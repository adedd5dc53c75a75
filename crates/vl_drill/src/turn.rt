use vl_sql::stmt::Stmt;

/// What comes next.
#[derive(Debug, Drop)]
pub enum Turn {
    /// The session, counted from 0, makes a step of its statement in progress.
    Step(u8),
    /// The session, counted from 0, asks this statement.
    Ask(u8, Stmt),
    /// Nothing: all was asked and answered, and no transaction is open.
    End,
}
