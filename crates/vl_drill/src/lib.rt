//! Generated work: eight sessions that insert, delete, change and read rows of t1, drawn from a seed.
//!
//! `Drill` tells turn by turn what comes next: a session makes a step of its statement, or a session
//! asks a new one. It is told of each session whether it has a statement in progress and an open
//! transaction, and knows nothing else of the gateway. The layer above relies on the turns being a
//! function of the seed and of what was told, so that a run can be had again.
#![tactic(auto)]

pub mod drill;
mod generator;
pub mod seen;
mod sessions;
mod statements;
#[cfg(test)]
mod tests;
pub mod turn;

Directions for this task = Every entry must be given again exactly as it reads.

The answer =
repository adedd5dc53c75a75
filename crates/vl_drill/src/turn.rt
use vl_sql::stmt::Stmt;

/// What comes next.
#[derive(Debug, Drop)]
pub enum Turn {
    /// The session, counted from 0, makes a step of its statement in progress.
    Step(u8),
    /// The session, counted from 0, asks this statement.
    Ask(u8, Stmt),
    /// Nothing: all was asked and answered, and no transaction is open.
    End,
}
filename crates/vl_drill/src/lib.rt
//! Generated work: eight sessions that insert, delete, change and read rows of t1, drawn from a seed.
//!
//! `Drill` tells turn by turn what comes next: a session makes a step of its statement, or a session
//! asks a new one. It is told of each session whether it has a statement in progress and an open
//! transaction, and knows nothing else of the gateway. The layer above relies on the turns being a
//! function of the seed and of what was told, so that a run can be had again.
#![tactic(auto)]

pub mod drill;
mod generator;
pub mod seen;
mod sessions;
mod statements;
#[cfg(test)]
mod tests;
pub mod turn;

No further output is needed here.